Name Backbone iterations AP model id download
Mask2Former R101 6k 49.2 50897581_1 model
Mask2Former + RankSeg R101 6k 50.5 - model
Mask2Former Swin-B (IN21k) 6k 59.5 50897733_2 model
Mask2Former + RankSeg Swin-B (IN21k) 6k 60.3 - model
Mask2Former (200 queries) Swin-L (IN21k) 6k 60.4(60.7) 50908813_0 model
Mask2Former (200 queries) + RankSeg Swin-L (IN21k) 6k 61.1(61.4) - model

* Upload result.json to the online server to evaluate YoutubeVis2019 model. Considering the variance in result, We report the avarage result of 3 models for our methods.
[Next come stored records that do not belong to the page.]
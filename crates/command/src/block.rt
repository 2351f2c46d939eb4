// A block whose lines are taken one by one.
ghost use Rattle.std.specs.Prelude.{◌≡◌, ◌≢◌, true, [], Some, None};
ghost use Rattle.sector.specs.declared.refusal.Refusal.TheVariants.{NoMemory};
ghost use Rattle.command.specs.Blocks.{AreSeats, ends_block, opened, with_line, worse};

use crate::opening::Opening;
use crate::seat_line::SeatLine;
use crate::{LINE_LIMIT, Said, said_by};
use sector::Refusal;
use std::alloc::Global;
use std::marker::Model;

/// The lines of a block, in order. Contracts see its opening, what the lines say, and its refusal.
#[derive(Drop)]
pub struct LineBlock {
    opening: Opening,
    lines: Vec<SeatLine>,
    refusal: Option<Refusal>,
}

impl Model for LineBlock {
    ghost use Rattle.command.specs.Blocks.{Lines};

    ghost Value = { Lines };

    ghost view = { λ b. record { opening = b.opening; lines = b.lines.items; refusal = b.refusal } };

    ghost use Rattle.command.specs.Blocks.{AreSeats};

    ghost invariant = { λ b. AreSeats b.lines.items };
}

/// A refusal after an earlier one: want of memory stays.
fn worse(refusal: Option<Refusal>, new: Refusal) -> Option<Refusal>
    ensures { result ≡ worse refusal new }
{
    match refusal {
        Some(Refusal::NoMemory) => refusal,
        _ => Some(new),
    }
}

impl LineBlock {
    /// A block without lines. It takes no memory.
    pub fn new(alloc: Global, opening: Opening) -> LineBlock
        ensures { result ≡ opened opening }
    {
        LineBlock {
            opening,
            lines: Vec::new(alloc),
            refusal: None,
        }
    }

    /// Takes the next line, given without its end, and tells whether it ends the block. A line of another form than those of
    /// a block is its refusal from then on, and so is want of memory, which stays whatever comes.
    #[tactic(auto, unfolding(crate::specs::Blocks::with_line, crate::specs::Blocks::ends_block, crate::specs::Lines::said_in))]
    pub fn take(&mut self, alloc: Global, line: &[u8]) -> bool
        ensures ends { result ≡ ends_block line.now }
        ensures ended { result ≡ true → self.new ≡ self.old }
        ensures taken { self.new.refusal ≢ Some NoMemory → self.new ≡ with_line line.now self.old }
        ensures starved { self.old.refusal ≡ Some NoMemory → self.new.refusal ≡ Some NoMemory }
    {
        match said_by(alloc, line, LINE_LIMIT) {
            Ok(Said::Nothing) => false,
            Ok(Said::End) => true,
            Ok(Said::Line(line)) => {
                if self.lines.push(line).is_err() {
                    self.refusal = worse(self.refusal, Refusal::NoMemory);
                }
                false
            }
            Err(refusal) => {
                self.refusal = worse(self.refusal, refusal);
                false
            }
        }
    }

    /// Why none of its lines is run: `NoMemory` where memory ran out for one of them, else `BadTable` where one is of another
    /// form.
    pub fn refusal(&self) -> Option<Refusal>
        ensures { result ≡ self.now.refusal }
    {
        self.refusal
    }

    /// Its opening.
    pub fn opening(&self) -> Opening
        ensures { result ≡ self.now.opening }
    {
        self.opening
    }

    /// Its lines.
    pub fn lines(&self) -> &[SeatLine]
        ensures lines { result.now ≡ self.now.lines }
        ensures seats { AreSeats result.now }
    {
        &self.lines
    }

    /// Its lines, by value.
    pub fn into_lines(self) -> Vec<SeatLine>
        ensures lines { result.items ≡ self.lines }
        ensures seats { AreSeats result.items }
    {
        self.lines
    }
}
Video Semantic Segmentation

VSPW

Name Backbone iterations mIoU model id download
Mask2Former R101 6k 45.9 - model
Mask2Former + RankSeg R101 6k 47.0 - model
Mask2Former + GT R101 6k 62.3 - model
Mask2Former Swin-B (IN21k) 6k 59.4 - -
Mask2Former + RankSeg Swin-B (IN21k) 6k 60.1 - -

* Considering the variance in result, We report the avarage result of 3 models for baseline and our methods.